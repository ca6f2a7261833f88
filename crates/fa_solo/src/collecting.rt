//! Dies that are collected: windows are given, and the rounds pass in which the steps are made.
ghost use Rattle.std.specs.Prelude.{◌≡◌, ◌⊎◌, ◌-◌, ◌^◌, ◌≤◌, true, false};
ghost use Rattle.fa_machine.specs.Looks.{wants_window};
ghost use Rattle.fa_machine.specs.Step.{is_die};
ghost use Rattle.fa_solo.specs.Collecting.{Collects, Gives, Steps, WantNone, WantsNone, both_of, of_window};
ghost use Rattle.fa_solo_job.specs.Deeds.{IsForDies};
ghost use Rattle.fa_solo_job.specs.Inner.{Does, Halts, TidiesBy};
ghost use Rattle.fa_solo_job.specs.Orders.{WantsNoWindow};

use crate::jobs::work_off;
use fa_core_calls::Events;
use fa_image::Image;
use fa_machine::WindowRefused;
use fa_shared::window;
use fa_solo_job::Inner;
use fa_types::{Die, Round};
use std::alloc::Allocator;
use std::sync::ledger::Ledger;

/// What came of giving windows.
#[derive(Clone, Copy)]
pub(crate) enum Windows {
    /// No die wanted one.
    Unwanted,
    /// Dies have windows.
    Given,
    /// A die that wants one was refused it.
    Refused(WindowRefused),
}

/// Gives windows and makes their steps until no live die wants a window. False where a die that wants one was refused it.
pub(crate) fn collect<L: Ledger, E: Events<A>, I: Image, A: Allocator + Copy>(
    inner: &mut Inner<L, E, I, A>,
) -> bool
    ensures does { Does I.made IsForDies inner.old inner.new }
    ensures unwanted { result ≡ true → WantsNoWindow inner.new.locked.core }
    ensures halted { result ≡ false → Halts I.made inner.old inner.new ⊎ TidiesBy I.made (2 ^ 64 - 1) inner.old inner.new }
{
    for turns in 0..u64::MAX {
        match collect_once(inner) {
            Windows::Unwanted => return true,
            Windows::Given => {}
            Windows::Refused(_) => return false,
        }
    }
    false
}

/// Gives windows and makes their steps. Once more, where none was wanted before, and the jobs left a die that wants one.
fn collect_once<L: Ledger, E: Events<A>, I: Image, A: Allocator + Copy>(
    inner: &mut Inner<L, E, I, A>,
) -> Windows
    ensures does { Does I.made IsForDies inner.old inner.new }
    ensures collects { Collects I.made result inner.old inner.new }
{
    let windows = step_windows(inner);
    if !matches!(windows, Windows::Unwanted) {
        return windows;
    }
    if is_unwanted(inner) {
        return Windows::Unwanted;
    }
    step_windows(inner)
}

/// Gives windows, and makes what there is to be done then.
fn step_windows<L: Ledger, E: Events<A>, I: Image, A: Allocator + Copy>(
    inner: &mut Inner<L, E, I, A>,
) -> Windows
    ensures does { Does I.made IsForDies inner.old inner.new }
    ensures steps { Steps I.made result inner.old inner.new }
{
    let windows = give_windows(inner, false);
    work_off(inner);
    windows
}

/// Whether no die wants a window.
fn is_unwanted<L: Ledger, E: Events<A>, I: Image, A: Allocator + Copy>(
    inner: &Inner<L, E, I, A>,
) -> bool
    ensures yes { result ≡ true → WantsNoWindow inner.now.locked.core }
    ensures no { result ≡ false → WantsNoWindow inner.now.locked.core → ⊥ }
{
    for die in 0..inner.locked.array().geometry().dies {
        if is_wanted(inner, Die(die as u8), false) {
            return false;
        }
    }
    true
}

/// Gives a window to each die that wants one and has none. Where a write waits for room those are asked alone that have none.
pub(crate) fn give_windows<L: Ledger, E: Events<A>, I: Image, A: Allocator + Copy>(
    inner: &mut Inner<L, E, I, A>,
    for_room: bool,
) -> Windows
    ensures does { Does I.made IsForDies inner.old inner.new }
    ensures gives { Gives I.made (WantNone for_room) result inner.old inner.new }
{
    let mut windows = Windows::Unwanted;
    for die in 0..inner.locked.array().geometry().dies {
        windows = both(windows, give_window(inner, Die(die as u8), for_room));
    }
    windows
}

/// What came of two dies: a refusal is told, and else whether one has a window.
fn both(one: Windows, other: Windows) -> Windows
    ensures { result ≡ both_of one other }
{
    match one {
        Windows::Unwanted => other,
        Windows::Given => match other {
            Windows::Refused(refused) => Windows::Refused(refused),
            _ => Windows::Given,
        },
        Windows::Refused(refused) => Windows::Refused(refused),
    }
}

/// Gives a window to a die, if it wants one and has none.
fn give_window<L: Ledger, E: Events<A>, I: Image, A: Allocator + Copy>(
    inner: &mut Inner<L, E, I, A>,
    die: Die,
    for_room: bool,
) -> Windows
    ensures does { Does I.made IsForDies inner.old inner.new }
    ensures gives { Gives I.made (WantsNone for_room die.0) result inner.old inner.new }
{
    if !is_wanted(inner, die, for_room) {
        return Windows::Unwanted;
    }
    ask_window(inner, die)
}

/// Asks for a window for a die that wants one.
fn ask_window<L: Ledger, E: Events<A>, I: Image, A: Allocator + Copy>(
    inner: &mut Inner<L, E, I, A>,
    die: Die,
) -> Windows
    requires die { is_die inner.old.locked.core die.0 ≡ true }
    requires wanted { wants_window inner.old.locked.core.page_map die.0 ≡ true }
    ensures does { Does I.made IsForDies inner.old inner.new }
    ensures gives { Gives I.made (λ core. ⊥) result inner.old inner.new }
{
    let rounds = rounds_of(inner.window_rounds);
    match window(inner.alloc, &mut inner.locked, &mut inner.seat, die, rounds) {
        Some(answer) => windows_of(answer),
        None => unreachable!(),
    }
}

/// As many rounds as a window may have, 1 to 64.
fn rounds_of(wanted: u64) -> u64
    ensures some { 1 ≤ result }
    ensures most { result ≤ 64 }
{
    if wanted < 1 {
        return 1;
    }
    if 64 < wanted {
        return 64;
    }
    wanted
}

/// What came of a Window that a die wants.
fn windows_of(answer: Result<Round, WindowRefused>) -> Windows
    ensures { result ≡ of_window answer }
{
    match answer {
        Ok(_) | Err(WindowRefused::HasOne) => Windows::Given,
        Err(refused) => Windows::Refused(refused),
    }
}

/// Whether the die wants a window, and, where a write waits for room, has no room.
fn is_wanted<L: Ledger, E: Events<A>, I: Image, A: Allocator + Copy>(
    inner: &Inner<L, E, I, A>,
    die: Die,
    for_room: bool,
) -> bool
    ensures die { result ≡ true → is_die inner.now.locked.core die.0 ≡ true }
    ensures wanted { result ≡ true → wants_window inner.now.locked.core.page_map die.0 ≡ true }
    ensures unwanted { result ≡ false → WantsNone for_room die.0 inner.now.locked.core }
{
    let array = inner.locked.array();
    if !array.is_die(die) {
        return false;
    }
    if for_room && array.room(die) != 0 {
        return false;
    }
    array.wants_window(die)
}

┄┄┄┄┄┄┄┄┄┄┄┄┄┄┄┄┄┄┄┄

Look above for the line with "true → WantsNoWindow inner.new.locked.core" and the line with "fn step_windows<L: Ledger, E: Events<A>, I: Image, A: Allocator". Retype those two lines and every line between them exactly, adding nothing.

### RESULT OF THIS TASK:
    ensures unwanted { result ≡ true → WantsNoWindow inner.new.locked.core }
    ensures halted { result ≡ false → Halts I.made inner.old inner.new ⊎ TidiesBy I.made (2 ^ 64 - 1) inner.old inner.new }
{
    for turns in 0..u64::MAX {
        match collect_once(inner) {
            Windows::Unwanted => return true,
            Windows::Given => {}
            Windows::Refused(_) => return false,
        }
    }
    false
}

/// Gives windows and makes their steps. Once more, where none was wanted before, and the jobs left a die that wants one.
fn collect_once<L: Ledger, E: Events<A>, I: Image, A: Allocator + Copy>(
    inner: &mut Inner<L, E, I, A>,
) -> Windows
    ensures does { Does I.made IsForDies inner.old inner.new }
    ensures collects { Collects I.made result inner.old inner.new }
{
    let windows = step_windows(inner);
    if !matches!(windows, Windows::Unwanted) {
        return windows;
    }
    if is_unwanted(inner) {
        return Windows::Unwanted;
    }
    step_windows(inner)
}

/// Gives windows, and makes what there is to be done then.
fn step_windows<L: Ledger, E: Events<A>, I: Image, A: Allocator + Copy>(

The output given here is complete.